Cloud Computing is getting more attention within the enterprises of all the sizes and shapes. However, a very few technologists know how to exactly design, scope and construct the Cloud stations. By taking up the standard databases, software applications and user interfaces, deploying these in a Cloud environment are some of the techniques for a disaster. Correct scoping; careful design and usage modeling are all important elements to achieve in the Cloud. This architecture training of Open stack cloud will allow to gain a practical and bottomless understanding of the challenges and advantages associated with the Cloud computing. They also teach you how to deal with them at the stage of design of your projects.

They also use the works of the Open stack project to the students to the cloud deployment finest references and practices. Some of the e.g. are providing an expensive and precious insight for anyone who is building a brand new cloud environment through the configurations and internal programs and implementations of cloud. The qualified and experts who are holding this high level of knowledge have always helped their corporation with excellence in migrations and deployments. The Best and the most famous Advanced Cloud Computing Training in Jaipur. Jaipur has many training institutes in these. A candidate can perform the following through this qualification.

First, one can identify that an IT infrastructure, which is cloud-based, varies from a data center conventional design. Second, One can Configure and Deploy their own, private, or public cloud without any of the automation tools or framework. Third, One can be in such a position that he or she based on OpenStack deploy a private cloud environment. Fourth, One can get the knowledge of the different storage, Linux networking, provision techniques and configuration that are available. This happens only in the world of enterprise, especially the ones who are a part of the project Open stack.

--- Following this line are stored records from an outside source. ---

//! Faults of expressions and functions that a lower layer finds.

ghost use Rattle.json_nodes.specs.Nodes.{data_of};
ghost use Rattle.json_values.specs.Reads.{ReadsMeaning};
ghost use Rattle.json_document.specs.Document.Errors.{control_flow_of, coordinate_of, error_in_expression_of, expression_error_from, expression_error_of, lower_function_error_from, lower_function_error_of, output_types_of, payloads_of, uniform_load_of};

use crate::document::Documents;
use ir_errors::{ExpressionError, UniformityDisruptor, UniformityRequirements};
use ir_facts::LowerFunctionError;
use json_values::{FromJson, Held, Holding, ReadError, read_either, read_holding};

fn read_coordinate(held: Held) -> Result<ExpressionError, ReadError>
    ensures { ReadsMeaning (coordinate_of (data_of held.entry.value.now)) result }
{
    match held.read(Documents) {
        Ok((dim, coordinate)) => Ok(ExpressionError::InvalidImageCoordinateType(dim, coordinate)),
        Err(error) => Err(error),
    }
}

/// The faults of expressions of which no more is said.
const BARE_ERRORS: [(&str, ExpressionError); 3] = [
    ("NotInScope", ExpressionError::NotInScope),
    (
        "ExpectedGlobalVariable",
        ExpressionError::ExpectedGlobalVariable,
    ),
    (
        "InvalidImageArrayIndex",
        ExpressionError::InvalidImageArrayIndex,
    ),
];

/// The faults of expressions of which more is said.
#[derive(Clone, Copy)]
enum ExpressionErrorName {
    ExpectedBindingArrayType,
    ExpectedImageType,
    InvalidImageClass,
    InvalidImageCoordinateType,
    InvalidImageArrayIndexType,
    InvalidImageStorageAccess,
    InvalidImageFormat,
    Lower,
}

/// Their names.
const EXPRESSION_ERRORS: [(&str, ExpressionErrorName); 8] = [
    (
        "ExpectedBindingArrayType",
        ExpressionErrorName::ExpectedBindingArrayType,
    ),
    ("ExpectedImageType", ExpressionErrorName::ExpectedImageType),
    ("InvalidImageClass", ExpressionErrorName::InvalidImageClass),
    (
        "InvalidImageCoordinateType",
        ExpressionErrorName::InvalidImageCoordinateType,
    ),
    (
        "InvalidImageArrayIndexType",
        ExpressionErrorName::InvalidImageArrayIndexType,
    ),
    (
        "InvalidImageStorageAccess",
        ExpressionErrorName::InvalidImageStorageAccess,
    ),
    (
        "InvalidImageFormat",
        ExpressionErrorName::InvalidImageFormat,
    ),
    ("Lower", ExpressionErrorName::Lower),
];

impl Holding<ExpressionErrorName, Documents> for ExpressionError {
    ghost held_of = { expression_error_from };

    fn read_held(name: ExpressionErrorName, _: Documents, held: Held) -> Result<Self, ReadError> {
        match name {
            ExpressionErrorName::ExpectedBindingArrayType => match held.read(Documents) {
                Ok(ty) => Ok(ExpressionError::ExpectedBindingArrayType(ty)),
                Err(error) => Err(error),
            },
            ExpressionErrorName::ExpectedImageType => match held.read(Documents) {
                Ok(ty) => Ok(ExpressionError::ExpectedImageType(ty)),
                Err(error) => Err(error),
            },
            ExpressionErrorName::InvalidImageClass => match held.read(Documents) {
                Ok(class) => Ok(ExpressionError::InvalidImageClass(class)),
                Err(error) => Err(error),
            },
            ExpressionErrorName::InvalidImageCoordinateType => read_coordinate(held),
            ExpressionErrorName::InvalidImageArrayIndexType => match held.read(Documents) {
                Ok(index) => Ok(ExpressionError::InvalidImageArrayIndexType(index)),
                Err(error) => Err(error),
            },
            ExpressionErrorName::InvalidImageStorageAccess => match held.read(Documents) {
                Ok(access) => Ok(ExpressionError::InvalidImageStorageAccess(access)),
                Err(error) => Err(error),
            },
            ExpressionErrorName::InvalidImageFormat => match held.read(Documents) {
                Ok(format) => Ok(ExpressionError::InvalidImageFormat(format)),
                Err(error) => Err(error),
            },
            ExpressionErrorName::Lower => match held.read(Documents) {
                Ok(fault) => Ok(ExpressionError::Lower(fault)),
                Err(error) => Err(error),
            },
        }
    }
}

impl FromJson<Documents> for ExpressionError {
    ghost stands_for = { expression_error_of };

    fn from_json(_: Documents, held: Held) -> Result<Self, ReadError> {
        read_either(Documents, held, &BARE_ERRORS, &EXPRESSION_ERRORS)
    }
}

/// The faults of functions that a lower layer finds.
#[derive(Clone, Copy)]
enum LowerErrorName {
    Expression,
    MissingRayQueryVertexReturn,
    NonUniformControlFlow,
    NonUniformWorkgroupUniformLoad,
    InvalidMeshFunctionCall,
    ConflictingMeshOutputTypes,
    ConflictingTaskPayloadVariables,
    InvalidMeshShaderOutputType,
}

/// Their names.
const LOWER_ERRORS: [(&str, LowerErrorName); 8] = [
    ("Expression", LowerErrorName::Expression),
    (
        "MissingRayQueryVertexReturn",
        LowerErrorName::MissingRayQueryVertexReturn,
    ),
    (
        "NonUniformControlFlow",
        LowerErrorName::NonUniformControlFlow,
    ),
    (
        "NonUniformWorkgroupUniformLoad",
        LowerErrorName::NonUniformWorkgroupUniformLoad,
    ),
    (
        "InvalidMeshFunctionCall",
        LowerErrorName::InvalidMeshFunctionCall,
    ),
    (
        "ConflictingMeshOutputTypes",
        LowerErrorName::ConflictingMeshOutputTypes,
    ),
    (
        "ConflictingTaskPayloadVariables",
        LowerErrorName::ConflictingTaskPayloadVariables,
    ),
    (
        "InvalidMeshShaderOutputType",
        LowerErrorName::InvalidMeshShaderOutputType,
    ),
];

fn read_expression(held: Held) -> Result<LowerFunctionError, ReadError>
    ensures { ReadsMeaning (error_in_expression_of (data_of held.entry.value.now)) result }
{
    match held.two(Documents, &("handle", "source")) {
        Ok((handle, source)) => Ok(LowerFunctionError::Expression { handle, source }),
        Err(error) => Err(error),
    }
}

fn read_control_flow(held: Held) -> Result<LowerFunctionError, ReadError>
    ensures { ReadsMeaning (control_flow_of (data_of held.entry.value.now)) result }
{
    match held.read(Documents) {
        Ok((requirements, at, disruptor)) => Ok(LowerFunctionError::NonUniformControlFlow(
            UniformityRequirements(requirements),
            at,
            UniformityDisruptor(disruptor),
        )),
        Err(error) => Err(error),
    }
}

fn read_uniform_load(held: Held) -> Result<LowerFunctionError, ReadError>
    ensures { ReadsMeaning (uniform_load_of (data_of held.entry.value.now)) result }
{
    match held.read(Documents) {
        Ok(disruptor) => Ok(LowerFunctionError::NonUniformWorkgroupUniformLoad(UniformityDisruptor(
            disruptor,
        ))),
        Err(error) => Err(error),
    }
}

fn read_output_types(held: Held) -> Result<LowerFunctionError, ReadError>
    ensures { ReadsMeaning (output_types_of (data_of held.entry.value.now)) result }
{
    match held.read(Documents) {
        Ok((one, other)) => Ok(LowerFunctionError::ConflictingMeshOutputTypes(one, other)),
        Err(error) => Err(error),
    }
}

fn read_payloads(held: Held) -> Result<LowerFunctionError, ReadError>
    ensures { ReadsMeaning (payloads_of (data_of held.entry.value.now)) result }
{
    match held.read(Documents) {
        Ok((one, other)) => Ok(LowerFunctionError::ConflictingTaskPayloadVariables(one, other)),
        Err(error) => Err(error),
    }
}

impl Holding<LowerErrorName, Documents> for LowerFunctionError {
    ghost held_of = { lower_function_error_from };

    fn read_held(name: LowerErrorName, _: Documents, held: Held) -> Result<Self, ReadError> {
        match name {
            LowerErrorName::Expression => read_expression(held),
            LowerErrorName::MissingRayQueryVertexReturn => match held.read(Documents) {
                Ok(at) => Ok(LowerFunctionError::MissingRayQueryVertexReturn(at)),
                Err(error) => Err(error),
            },
            LowerErrorName::NonUniformControlFlow => read_control_flow(held),
            LowerErrorName::NonUniformWorkgroupUniformLoad => read_uniform_load(held),
            LowerErrorName::InvalidMeshFunctionCall => match held.read(Documents) {
                Ok(at) => Ok(LowerFunctionError::InvalidMeshFunctionCall(at)),
                Err(error) => Err(error),
            },
            LowerErrorName::ConflictingMeshOutputTypes => read_output_types(held),
            LowerErrorName::ConflictingTaskPayloadVariables => read_payloads(held),
            LowerErrorName::InvalidMeshShaderOutputType => match held.read(Documents) {
                Ok(at) => Ok(LowerFunctionError::InvalidMeshShaderOutputType(at)),
                Err(error) => Err(error),
            },
        }
    }
}

impl FromJson<Documents> for LowerFunctionError {
    ghost stands_for = { lower_function_error_of };

    fn from_json(_: Documents, held: Held) -> Result<Self, ReadError> {
        read_holding(Documents, held, &LOWER_ERRORS)
    }
}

Ways to crack the interview for B. Tech

In order to become a qualified and a well-known professional, you need to go for the industrial training. It is very important for students who are in the stream of engineering such as MBA, Polytechnic, B. Tech and many more. To have these skills in today’s world is very essential as most of the companies want tough candidates, who is well trained, equipped and will take less time to grasp new things. If one wants to be in the market or in the company, he or she has to improve his or her talents through this practical oriented program of six months. Because of various socio-economic and political climate most of these companies are not ready to spend more on fresh graduates.

Either they are hiring trained engineering graduates who have the knowledge in this and are having specialized talents or engineering management students hired through campus. One may also be from an average college. This training of six months for engineering students is very crucial. Ample of time and scope one will be having if they do the industrial training. You will get to learn the practical features as you will be working on existing projects. Therefore, this Summer Training for B. Tech Students are very important and beneficial for the students as they can look forward in being selected by reputed and attractive recruiters. Reputed and good training companies all time follow the trend and important practice from other industries and therefore they have tie-ups with industries and tough placement cell. It helps you to learn to solve problems and think analytically while working on the actual time soft wares.

The training program gives you an extensive range of technology every time. The main advantage and benefit the six months training is as follows. Practical based training will be facilitated by the project-oriented learning. The professionals who have the knowledge and experience of working as a software developer in a hard-core development company train these new students. One will be aware of all the upgraded aspects of the technology, and it eventually helps you to crack the interview and amaze the employers.